_What is needed_. The stretch from the line with "filename crates/session/src/serving.rt" through the line with "let answers = Vec::new(heap);" in the records below: write it out exactly, and nothing else.

_Given data_.
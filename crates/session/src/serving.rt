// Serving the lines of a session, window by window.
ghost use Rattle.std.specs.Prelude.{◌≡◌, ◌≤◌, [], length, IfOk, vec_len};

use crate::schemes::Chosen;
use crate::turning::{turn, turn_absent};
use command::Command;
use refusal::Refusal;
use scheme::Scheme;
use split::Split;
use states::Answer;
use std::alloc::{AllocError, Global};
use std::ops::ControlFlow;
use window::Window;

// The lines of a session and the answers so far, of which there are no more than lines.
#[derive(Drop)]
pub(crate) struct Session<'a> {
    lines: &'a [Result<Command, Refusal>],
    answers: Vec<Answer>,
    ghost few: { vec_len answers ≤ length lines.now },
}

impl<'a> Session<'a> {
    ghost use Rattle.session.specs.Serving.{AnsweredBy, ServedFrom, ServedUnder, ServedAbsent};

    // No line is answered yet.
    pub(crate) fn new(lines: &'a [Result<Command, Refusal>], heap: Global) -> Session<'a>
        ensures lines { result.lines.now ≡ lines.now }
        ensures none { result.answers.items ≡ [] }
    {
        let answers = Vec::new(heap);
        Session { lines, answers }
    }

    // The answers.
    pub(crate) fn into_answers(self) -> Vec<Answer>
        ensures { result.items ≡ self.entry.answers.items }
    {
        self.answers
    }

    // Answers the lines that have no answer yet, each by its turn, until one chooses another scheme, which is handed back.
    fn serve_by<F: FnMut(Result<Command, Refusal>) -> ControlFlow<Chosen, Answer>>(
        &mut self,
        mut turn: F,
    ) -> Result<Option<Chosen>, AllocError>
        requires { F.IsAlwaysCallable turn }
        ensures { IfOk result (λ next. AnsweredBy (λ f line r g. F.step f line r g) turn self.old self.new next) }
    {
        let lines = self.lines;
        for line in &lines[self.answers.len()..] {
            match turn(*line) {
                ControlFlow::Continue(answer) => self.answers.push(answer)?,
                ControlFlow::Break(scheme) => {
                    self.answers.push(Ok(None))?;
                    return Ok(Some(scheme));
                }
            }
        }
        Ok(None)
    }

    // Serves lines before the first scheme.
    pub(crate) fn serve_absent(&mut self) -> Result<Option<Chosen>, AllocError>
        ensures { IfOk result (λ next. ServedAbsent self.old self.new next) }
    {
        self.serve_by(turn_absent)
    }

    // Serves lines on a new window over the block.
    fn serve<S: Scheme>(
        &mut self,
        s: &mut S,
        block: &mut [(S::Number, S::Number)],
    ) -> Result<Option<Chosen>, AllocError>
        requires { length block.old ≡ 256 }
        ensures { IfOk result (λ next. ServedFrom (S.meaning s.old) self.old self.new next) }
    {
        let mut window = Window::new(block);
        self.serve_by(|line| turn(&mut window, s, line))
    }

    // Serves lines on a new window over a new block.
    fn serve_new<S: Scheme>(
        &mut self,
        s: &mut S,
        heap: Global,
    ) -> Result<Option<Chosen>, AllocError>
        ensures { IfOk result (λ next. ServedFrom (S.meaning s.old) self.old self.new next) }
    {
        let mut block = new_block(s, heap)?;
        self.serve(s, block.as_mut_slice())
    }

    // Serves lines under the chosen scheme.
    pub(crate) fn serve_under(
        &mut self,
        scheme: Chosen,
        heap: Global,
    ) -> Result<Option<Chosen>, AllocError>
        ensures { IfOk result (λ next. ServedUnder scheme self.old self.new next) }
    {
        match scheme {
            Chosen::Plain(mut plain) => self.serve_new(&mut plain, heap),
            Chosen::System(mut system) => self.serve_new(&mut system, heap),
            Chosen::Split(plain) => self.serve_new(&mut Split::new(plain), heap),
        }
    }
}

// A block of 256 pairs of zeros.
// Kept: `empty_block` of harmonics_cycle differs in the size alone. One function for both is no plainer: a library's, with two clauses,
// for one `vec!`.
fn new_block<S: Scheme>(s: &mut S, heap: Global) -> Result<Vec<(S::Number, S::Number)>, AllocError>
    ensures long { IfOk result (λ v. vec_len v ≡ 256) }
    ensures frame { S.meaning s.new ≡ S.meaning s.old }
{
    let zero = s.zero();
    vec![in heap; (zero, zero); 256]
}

--

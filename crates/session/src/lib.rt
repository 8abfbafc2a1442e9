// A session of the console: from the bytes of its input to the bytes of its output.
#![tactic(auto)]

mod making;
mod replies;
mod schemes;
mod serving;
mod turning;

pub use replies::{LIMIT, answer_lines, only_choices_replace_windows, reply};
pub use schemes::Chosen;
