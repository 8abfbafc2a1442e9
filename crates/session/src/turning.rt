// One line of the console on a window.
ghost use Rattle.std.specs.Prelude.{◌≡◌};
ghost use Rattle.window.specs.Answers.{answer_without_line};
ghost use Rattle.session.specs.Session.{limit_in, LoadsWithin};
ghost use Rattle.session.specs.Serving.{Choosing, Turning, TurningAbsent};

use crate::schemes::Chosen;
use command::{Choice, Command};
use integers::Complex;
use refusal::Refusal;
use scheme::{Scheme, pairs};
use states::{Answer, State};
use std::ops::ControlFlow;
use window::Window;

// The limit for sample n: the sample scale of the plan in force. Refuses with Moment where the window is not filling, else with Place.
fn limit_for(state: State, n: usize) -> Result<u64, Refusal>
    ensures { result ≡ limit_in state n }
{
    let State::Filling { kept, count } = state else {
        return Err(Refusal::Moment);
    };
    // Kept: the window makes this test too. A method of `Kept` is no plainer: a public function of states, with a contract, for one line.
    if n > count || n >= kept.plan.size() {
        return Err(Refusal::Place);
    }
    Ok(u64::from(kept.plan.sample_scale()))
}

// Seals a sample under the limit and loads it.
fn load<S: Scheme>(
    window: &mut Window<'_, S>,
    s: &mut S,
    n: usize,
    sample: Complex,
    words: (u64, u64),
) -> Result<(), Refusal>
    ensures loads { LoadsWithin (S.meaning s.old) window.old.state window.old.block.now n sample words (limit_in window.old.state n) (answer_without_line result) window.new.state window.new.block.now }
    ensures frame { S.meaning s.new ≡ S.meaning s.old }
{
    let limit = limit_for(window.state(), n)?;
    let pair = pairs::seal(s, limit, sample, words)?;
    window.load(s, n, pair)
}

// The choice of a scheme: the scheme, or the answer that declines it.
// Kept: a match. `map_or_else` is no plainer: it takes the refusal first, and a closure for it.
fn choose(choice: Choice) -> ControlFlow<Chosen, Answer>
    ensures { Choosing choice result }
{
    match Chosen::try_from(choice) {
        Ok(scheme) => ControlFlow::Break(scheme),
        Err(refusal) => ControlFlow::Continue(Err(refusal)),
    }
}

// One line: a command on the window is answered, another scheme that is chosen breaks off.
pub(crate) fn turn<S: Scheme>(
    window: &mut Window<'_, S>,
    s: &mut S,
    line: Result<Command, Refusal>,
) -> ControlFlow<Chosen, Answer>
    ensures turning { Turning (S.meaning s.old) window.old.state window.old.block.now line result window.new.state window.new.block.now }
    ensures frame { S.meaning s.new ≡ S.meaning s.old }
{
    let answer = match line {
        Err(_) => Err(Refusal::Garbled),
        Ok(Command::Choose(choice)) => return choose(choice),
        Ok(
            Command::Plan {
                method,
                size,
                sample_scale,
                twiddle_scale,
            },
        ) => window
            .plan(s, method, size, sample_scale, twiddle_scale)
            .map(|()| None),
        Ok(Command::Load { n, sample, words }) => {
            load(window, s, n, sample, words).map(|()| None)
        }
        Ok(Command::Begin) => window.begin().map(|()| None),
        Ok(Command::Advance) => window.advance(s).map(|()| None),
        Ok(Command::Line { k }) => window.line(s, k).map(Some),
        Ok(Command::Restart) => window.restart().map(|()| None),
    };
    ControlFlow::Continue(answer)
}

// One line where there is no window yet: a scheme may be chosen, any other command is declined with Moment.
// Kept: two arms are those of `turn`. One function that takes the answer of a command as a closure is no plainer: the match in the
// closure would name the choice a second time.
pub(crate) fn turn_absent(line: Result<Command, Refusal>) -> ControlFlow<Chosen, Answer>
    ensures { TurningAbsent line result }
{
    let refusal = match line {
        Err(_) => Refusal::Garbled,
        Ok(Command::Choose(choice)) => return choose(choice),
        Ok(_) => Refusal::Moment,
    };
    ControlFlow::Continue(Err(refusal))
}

--

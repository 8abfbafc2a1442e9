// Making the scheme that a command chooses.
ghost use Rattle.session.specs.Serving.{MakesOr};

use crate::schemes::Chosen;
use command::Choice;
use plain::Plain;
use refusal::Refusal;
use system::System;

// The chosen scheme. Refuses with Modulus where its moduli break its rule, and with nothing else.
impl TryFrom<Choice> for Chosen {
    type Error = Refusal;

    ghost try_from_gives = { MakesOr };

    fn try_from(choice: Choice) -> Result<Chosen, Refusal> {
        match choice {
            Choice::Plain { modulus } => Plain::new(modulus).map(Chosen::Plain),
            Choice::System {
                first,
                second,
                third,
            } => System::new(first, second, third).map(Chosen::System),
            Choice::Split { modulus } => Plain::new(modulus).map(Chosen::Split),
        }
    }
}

_Task output_.
filename crates/session/src/serving.rt
// Serving the lines of a session, window by window.
ghost use Rattle.std.specs.Prelude.{◌≡◌, ◌≤◌, [], length, IfOk, vec_len};

use crate::schemes::Chosen;
use crate::turning::{turn, turn_absent};
use command::Command;
use refusal::Refusal;
use scheme::Scheme;
use split::Split;
use states::Answer;
use std::alloc::{AllocError, Global};
use std::ops::ControlFlow;
use window::Window;

// The lines of a session and the answers so far, of which there are no more than lines.
#[derive(Drop)]
pub(crate) struct Session<'a> {
    lines: &'a [Result<Command, Refusal>],
    answers: Vec<Answer>,
    ghost few: { vec_len answers ≤ length lines.now },
}

impl<'a> Session<'a> {
    ghost use Rattle.session.specs.Serving.{AnsweredBy, ServedFrom, ServedUnder, ServedAbsent};

    // No line is answered yet.
    pub(crate) fn new(lines: &'a [Result<Command, Refusal>], heap: Global) -> Session<'a>
        ensures lines { result.lines.now ≡ lines.now }
        ensures none { result.answers.items ≡ [] }
    {
        let answers = Vec::new(heap);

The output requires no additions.